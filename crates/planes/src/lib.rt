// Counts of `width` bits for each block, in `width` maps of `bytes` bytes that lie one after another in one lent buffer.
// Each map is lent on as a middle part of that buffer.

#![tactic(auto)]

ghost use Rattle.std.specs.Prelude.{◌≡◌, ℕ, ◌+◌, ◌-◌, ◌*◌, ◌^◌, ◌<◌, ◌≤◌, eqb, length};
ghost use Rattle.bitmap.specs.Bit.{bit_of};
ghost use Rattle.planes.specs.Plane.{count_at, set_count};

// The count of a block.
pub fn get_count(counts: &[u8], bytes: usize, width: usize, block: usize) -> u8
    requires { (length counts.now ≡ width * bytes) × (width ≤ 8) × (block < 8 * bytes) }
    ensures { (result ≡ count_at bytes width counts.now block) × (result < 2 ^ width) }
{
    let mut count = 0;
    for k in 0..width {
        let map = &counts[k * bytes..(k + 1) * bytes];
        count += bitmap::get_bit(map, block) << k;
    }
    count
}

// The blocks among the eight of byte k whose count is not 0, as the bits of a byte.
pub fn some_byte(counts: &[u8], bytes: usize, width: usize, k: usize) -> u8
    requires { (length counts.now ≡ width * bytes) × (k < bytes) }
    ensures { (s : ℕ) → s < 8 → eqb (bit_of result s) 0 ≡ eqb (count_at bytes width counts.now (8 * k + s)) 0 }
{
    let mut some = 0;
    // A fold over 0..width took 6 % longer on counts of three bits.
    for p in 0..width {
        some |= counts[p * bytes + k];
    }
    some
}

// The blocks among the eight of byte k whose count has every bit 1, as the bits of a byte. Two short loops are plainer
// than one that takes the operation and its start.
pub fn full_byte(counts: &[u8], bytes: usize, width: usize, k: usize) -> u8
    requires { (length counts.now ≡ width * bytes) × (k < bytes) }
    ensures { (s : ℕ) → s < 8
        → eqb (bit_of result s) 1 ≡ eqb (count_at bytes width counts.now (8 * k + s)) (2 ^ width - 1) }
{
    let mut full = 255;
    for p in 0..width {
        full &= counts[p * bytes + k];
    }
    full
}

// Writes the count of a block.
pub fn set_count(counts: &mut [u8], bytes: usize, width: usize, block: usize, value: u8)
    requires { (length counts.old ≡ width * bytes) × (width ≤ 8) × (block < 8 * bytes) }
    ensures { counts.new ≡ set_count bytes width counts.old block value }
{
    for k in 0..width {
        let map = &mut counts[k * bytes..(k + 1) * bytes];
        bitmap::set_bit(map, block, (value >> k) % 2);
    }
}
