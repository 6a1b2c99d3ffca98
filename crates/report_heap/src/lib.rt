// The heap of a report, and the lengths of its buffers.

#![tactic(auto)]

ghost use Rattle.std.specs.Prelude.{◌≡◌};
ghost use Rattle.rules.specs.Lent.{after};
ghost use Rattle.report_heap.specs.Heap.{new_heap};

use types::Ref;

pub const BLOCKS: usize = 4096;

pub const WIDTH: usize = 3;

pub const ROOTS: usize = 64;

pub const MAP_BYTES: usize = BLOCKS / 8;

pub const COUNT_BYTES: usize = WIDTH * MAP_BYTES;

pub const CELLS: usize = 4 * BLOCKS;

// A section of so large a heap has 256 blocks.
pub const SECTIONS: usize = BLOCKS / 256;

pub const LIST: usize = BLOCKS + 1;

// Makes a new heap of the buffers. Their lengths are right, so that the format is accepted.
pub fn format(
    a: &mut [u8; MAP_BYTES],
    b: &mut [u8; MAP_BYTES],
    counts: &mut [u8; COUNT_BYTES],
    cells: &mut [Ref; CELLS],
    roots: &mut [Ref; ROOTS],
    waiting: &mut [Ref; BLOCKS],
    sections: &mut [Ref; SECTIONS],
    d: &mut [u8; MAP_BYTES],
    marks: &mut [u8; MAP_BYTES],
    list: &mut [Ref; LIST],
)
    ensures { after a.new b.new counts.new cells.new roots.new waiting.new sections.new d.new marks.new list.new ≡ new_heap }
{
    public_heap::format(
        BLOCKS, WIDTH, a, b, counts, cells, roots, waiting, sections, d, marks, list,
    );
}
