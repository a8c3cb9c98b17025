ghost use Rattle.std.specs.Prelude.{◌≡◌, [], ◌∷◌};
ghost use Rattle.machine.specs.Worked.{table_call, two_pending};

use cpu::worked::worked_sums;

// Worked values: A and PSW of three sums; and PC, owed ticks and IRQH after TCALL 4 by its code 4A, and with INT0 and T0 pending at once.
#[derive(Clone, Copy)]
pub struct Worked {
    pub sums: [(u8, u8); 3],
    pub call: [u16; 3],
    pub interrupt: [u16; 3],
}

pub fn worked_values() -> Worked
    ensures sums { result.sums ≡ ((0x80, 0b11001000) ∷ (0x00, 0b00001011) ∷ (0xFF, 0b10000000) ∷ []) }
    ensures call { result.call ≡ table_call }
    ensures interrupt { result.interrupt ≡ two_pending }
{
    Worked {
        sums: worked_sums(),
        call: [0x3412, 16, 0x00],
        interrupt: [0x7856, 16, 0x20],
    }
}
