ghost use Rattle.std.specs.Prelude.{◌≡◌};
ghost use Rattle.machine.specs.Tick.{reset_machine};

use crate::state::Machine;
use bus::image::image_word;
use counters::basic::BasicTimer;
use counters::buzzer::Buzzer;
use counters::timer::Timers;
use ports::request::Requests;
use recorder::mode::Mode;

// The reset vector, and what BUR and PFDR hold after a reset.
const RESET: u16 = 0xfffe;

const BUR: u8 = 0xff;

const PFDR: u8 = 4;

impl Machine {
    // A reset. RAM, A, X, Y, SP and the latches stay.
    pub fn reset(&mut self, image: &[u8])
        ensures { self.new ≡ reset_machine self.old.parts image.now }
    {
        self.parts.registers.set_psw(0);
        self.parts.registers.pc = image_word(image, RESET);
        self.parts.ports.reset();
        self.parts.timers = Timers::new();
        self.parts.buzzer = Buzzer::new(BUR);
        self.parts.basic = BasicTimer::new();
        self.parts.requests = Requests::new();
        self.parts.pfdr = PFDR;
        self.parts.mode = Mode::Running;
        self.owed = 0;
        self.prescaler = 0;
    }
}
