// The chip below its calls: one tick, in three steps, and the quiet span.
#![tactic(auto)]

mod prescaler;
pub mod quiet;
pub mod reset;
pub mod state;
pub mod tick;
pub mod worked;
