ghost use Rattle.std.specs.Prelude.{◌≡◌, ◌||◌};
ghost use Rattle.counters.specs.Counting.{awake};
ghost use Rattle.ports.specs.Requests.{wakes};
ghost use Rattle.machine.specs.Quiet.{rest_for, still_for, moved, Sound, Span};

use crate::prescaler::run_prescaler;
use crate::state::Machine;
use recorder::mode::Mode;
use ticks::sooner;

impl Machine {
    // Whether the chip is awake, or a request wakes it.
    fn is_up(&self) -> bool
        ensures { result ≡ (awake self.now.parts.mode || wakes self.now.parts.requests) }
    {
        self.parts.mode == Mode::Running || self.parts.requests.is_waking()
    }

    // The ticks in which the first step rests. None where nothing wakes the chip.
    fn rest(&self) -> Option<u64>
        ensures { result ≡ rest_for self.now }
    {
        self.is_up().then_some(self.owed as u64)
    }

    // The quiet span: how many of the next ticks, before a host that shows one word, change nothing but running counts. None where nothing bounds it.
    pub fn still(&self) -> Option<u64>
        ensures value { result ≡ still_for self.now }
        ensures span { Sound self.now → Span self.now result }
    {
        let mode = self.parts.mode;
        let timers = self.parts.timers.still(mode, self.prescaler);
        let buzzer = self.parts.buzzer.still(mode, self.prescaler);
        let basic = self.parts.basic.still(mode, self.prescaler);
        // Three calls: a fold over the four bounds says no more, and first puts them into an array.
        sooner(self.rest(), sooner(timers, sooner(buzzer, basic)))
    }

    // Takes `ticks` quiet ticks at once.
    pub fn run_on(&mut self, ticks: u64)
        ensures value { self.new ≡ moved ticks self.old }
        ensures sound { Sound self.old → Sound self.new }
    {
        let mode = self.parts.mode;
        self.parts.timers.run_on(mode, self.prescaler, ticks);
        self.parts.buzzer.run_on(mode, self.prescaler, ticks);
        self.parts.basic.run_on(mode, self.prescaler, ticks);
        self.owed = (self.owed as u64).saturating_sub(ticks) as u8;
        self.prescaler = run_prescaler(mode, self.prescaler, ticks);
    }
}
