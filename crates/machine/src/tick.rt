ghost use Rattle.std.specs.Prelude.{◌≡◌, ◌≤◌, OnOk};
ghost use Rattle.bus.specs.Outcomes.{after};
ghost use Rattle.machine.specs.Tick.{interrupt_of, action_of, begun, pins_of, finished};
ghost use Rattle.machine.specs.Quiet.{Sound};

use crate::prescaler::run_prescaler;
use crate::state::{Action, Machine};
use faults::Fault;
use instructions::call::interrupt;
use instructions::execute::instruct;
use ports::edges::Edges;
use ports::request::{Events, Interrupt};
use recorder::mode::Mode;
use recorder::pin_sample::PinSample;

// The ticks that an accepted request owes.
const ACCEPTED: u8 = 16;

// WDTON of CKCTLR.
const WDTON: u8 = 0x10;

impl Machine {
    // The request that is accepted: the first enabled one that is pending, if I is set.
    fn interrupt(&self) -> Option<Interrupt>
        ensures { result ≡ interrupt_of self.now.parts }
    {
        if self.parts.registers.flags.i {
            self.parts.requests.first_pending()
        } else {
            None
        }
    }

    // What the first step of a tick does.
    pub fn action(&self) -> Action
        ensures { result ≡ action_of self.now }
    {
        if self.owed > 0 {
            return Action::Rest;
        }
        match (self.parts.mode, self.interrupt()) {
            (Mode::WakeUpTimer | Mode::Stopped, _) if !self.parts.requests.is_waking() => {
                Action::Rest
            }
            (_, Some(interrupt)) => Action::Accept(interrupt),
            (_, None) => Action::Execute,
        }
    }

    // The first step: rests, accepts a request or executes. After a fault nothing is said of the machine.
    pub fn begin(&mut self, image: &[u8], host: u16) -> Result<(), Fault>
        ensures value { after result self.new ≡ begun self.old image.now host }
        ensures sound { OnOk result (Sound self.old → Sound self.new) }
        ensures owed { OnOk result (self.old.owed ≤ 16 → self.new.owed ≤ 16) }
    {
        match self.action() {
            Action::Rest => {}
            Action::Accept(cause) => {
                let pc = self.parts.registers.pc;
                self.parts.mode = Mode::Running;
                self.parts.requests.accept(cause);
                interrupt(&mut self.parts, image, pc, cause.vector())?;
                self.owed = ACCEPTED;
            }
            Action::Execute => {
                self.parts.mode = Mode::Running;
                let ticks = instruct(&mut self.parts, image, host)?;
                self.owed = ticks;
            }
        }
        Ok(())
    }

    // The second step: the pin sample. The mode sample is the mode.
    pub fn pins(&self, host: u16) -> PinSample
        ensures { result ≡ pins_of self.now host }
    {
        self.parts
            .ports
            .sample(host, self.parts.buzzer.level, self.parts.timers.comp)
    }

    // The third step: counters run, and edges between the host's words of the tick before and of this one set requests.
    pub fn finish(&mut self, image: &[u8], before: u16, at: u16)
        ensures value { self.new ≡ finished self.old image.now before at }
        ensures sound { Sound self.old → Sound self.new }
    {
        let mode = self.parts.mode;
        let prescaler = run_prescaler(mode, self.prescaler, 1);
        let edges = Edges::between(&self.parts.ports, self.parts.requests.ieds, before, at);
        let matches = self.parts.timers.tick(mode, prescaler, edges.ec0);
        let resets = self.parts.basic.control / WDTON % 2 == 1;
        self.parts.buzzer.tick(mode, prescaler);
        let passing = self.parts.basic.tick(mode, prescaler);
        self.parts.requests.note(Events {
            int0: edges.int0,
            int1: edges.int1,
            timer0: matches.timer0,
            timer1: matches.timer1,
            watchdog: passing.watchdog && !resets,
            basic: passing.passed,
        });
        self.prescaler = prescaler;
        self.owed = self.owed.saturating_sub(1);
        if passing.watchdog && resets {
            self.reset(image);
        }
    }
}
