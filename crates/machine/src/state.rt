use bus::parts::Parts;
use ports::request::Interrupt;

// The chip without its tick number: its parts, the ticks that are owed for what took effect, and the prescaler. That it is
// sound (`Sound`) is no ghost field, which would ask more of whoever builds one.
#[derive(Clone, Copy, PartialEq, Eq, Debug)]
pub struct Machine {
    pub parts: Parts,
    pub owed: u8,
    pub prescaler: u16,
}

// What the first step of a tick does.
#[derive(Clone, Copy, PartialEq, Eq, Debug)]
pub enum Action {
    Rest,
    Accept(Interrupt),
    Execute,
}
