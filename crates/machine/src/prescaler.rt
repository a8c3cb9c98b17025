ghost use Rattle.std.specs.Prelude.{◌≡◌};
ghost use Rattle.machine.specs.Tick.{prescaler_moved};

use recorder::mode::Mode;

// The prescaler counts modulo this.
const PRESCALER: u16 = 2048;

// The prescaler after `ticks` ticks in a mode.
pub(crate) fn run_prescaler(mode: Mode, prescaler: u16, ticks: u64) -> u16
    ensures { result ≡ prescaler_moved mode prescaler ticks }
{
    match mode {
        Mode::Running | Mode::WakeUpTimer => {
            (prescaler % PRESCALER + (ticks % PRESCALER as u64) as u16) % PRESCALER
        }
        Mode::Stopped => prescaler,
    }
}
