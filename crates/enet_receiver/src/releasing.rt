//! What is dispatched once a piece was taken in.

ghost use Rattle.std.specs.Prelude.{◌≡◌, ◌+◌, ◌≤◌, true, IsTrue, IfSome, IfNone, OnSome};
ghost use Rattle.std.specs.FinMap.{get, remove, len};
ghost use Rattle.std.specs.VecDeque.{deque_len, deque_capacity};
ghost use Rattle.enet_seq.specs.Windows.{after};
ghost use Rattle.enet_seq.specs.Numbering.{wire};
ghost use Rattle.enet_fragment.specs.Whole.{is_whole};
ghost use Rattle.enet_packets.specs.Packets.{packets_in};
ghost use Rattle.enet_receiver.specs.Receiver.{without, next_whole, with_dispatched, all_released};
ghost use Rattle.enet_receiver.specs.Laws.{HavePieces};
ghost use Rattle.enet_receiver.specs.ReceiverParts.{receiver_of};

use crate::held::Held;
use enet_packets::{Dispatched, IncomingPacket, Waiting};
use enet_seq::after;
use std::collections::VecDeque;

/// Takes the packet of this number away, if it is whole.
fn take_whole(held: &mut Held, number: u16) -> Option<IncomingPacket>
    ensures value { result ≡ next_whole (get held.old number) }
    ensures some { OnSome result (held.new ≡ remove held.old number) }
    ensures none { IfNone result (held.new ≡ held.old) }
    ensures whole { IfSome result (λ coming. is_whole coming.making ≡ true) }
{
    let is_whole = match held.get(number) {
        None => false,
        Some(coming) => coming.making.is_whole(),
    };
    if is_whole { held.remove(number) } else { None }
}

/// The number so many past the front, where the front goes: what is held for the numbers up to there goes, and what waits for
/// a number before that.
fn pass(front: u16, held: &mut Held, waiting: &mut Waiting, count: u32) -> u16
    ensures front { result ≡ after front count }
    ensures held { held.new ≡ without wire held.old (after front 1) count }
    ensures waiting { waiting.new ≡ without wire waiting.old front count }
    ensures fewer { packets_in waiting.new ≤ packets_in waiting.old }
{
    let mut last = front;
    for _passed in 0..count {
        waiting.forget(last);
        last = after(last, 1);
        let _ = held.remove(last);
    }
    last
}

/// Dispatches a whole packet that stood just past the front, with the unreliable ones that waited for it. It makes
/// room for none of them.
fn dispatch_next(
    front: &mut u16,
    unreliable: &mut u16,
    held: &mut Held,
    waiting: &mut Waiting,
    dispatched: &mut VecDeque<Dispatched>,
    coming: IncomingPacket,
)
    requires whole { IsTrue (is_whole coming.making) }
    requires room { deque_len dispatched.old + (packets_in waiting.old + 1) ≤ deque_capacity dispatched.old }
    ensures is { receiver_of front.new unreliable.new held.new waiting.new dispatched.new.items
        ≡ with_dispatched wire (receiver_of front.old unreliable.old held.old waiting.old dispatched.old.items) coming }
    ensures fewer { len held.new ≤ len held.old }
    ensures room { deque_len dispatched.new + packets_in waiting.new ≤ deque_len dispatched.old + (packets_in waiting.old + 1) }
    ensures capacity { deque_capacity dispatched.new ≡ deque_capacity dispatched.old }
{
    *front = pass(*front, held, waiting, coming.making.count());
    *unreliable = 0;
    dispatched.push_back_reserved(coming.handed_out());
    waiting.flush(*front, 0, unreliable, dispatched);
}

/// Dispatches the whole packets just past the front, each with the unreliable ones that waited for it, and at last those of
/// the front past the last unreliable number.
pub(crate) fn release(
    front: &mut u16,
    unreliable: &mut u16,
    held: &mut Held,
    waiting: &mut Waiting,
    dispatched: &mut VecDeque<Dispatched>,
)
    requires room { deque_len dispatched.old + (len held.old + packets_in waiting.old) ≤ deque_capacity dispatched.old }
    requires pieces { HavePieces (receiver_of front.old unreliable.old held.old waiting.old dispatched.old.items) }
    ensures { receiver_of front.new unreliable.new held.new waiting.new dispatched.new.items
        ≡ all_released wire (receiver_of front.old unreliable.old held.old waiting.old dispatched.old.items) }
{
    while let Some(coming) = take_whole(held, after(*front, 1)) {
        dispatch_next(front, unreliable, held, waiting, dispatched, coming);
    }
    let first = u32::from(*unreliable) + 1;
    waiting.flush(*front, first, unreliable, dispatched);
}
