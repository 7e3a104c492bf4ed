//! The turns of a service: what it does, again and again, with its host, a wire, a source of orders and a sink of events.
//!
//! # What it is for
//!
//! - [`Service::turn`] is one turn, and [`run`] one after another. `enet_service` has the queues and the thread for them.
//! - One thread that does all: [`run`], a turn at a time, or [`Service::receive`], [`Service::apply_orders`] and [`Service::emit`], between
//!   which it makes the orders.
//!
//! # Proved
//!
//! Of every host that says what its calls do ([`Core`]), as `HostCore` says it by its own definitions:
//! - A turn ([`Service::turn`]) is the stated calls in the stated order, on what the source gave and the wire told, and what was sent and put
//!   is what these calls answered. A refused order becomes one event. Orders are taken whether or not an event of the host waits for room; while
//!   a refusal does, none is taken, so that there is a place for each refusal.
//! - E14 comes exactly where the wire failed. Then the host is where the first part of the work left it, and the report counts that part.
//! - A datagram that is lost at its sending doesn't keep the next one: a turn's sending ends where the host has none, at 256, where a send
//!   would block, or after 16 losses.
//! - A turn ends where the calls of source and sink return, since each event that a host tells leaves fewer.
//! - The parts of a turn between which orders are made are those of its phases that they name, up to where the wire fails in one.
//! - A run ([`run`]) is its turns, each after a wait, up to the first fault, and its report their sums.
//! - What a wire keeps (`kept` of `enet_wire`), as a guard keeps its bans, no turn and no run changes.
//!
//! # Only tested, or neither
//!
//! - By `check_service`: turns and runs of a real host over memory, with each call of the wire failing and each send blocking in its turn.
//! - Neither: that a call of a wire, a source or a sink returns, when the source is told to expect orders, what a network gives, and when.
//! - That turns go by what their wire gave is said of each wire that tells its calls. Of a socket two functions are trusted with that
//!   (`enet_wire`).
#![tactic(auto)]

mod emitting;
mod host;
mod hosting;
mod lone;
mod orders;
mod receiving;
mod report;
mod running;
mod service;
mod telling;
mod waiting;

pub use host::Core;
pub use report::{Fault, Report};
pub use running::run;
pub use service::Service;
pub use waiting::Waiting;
· · ·
Print only these lines, exactly: the one containing "mod report;" and all after it to the end of the entries.

ANSWER SECTION:
mod report;
mod running;
mod service;
mod telling;
mod waiting;

pub use host::Core;
pub use report::{Fault, Report};
pub use running::run;
pub use service::Service;
pub use waiting::Waiting;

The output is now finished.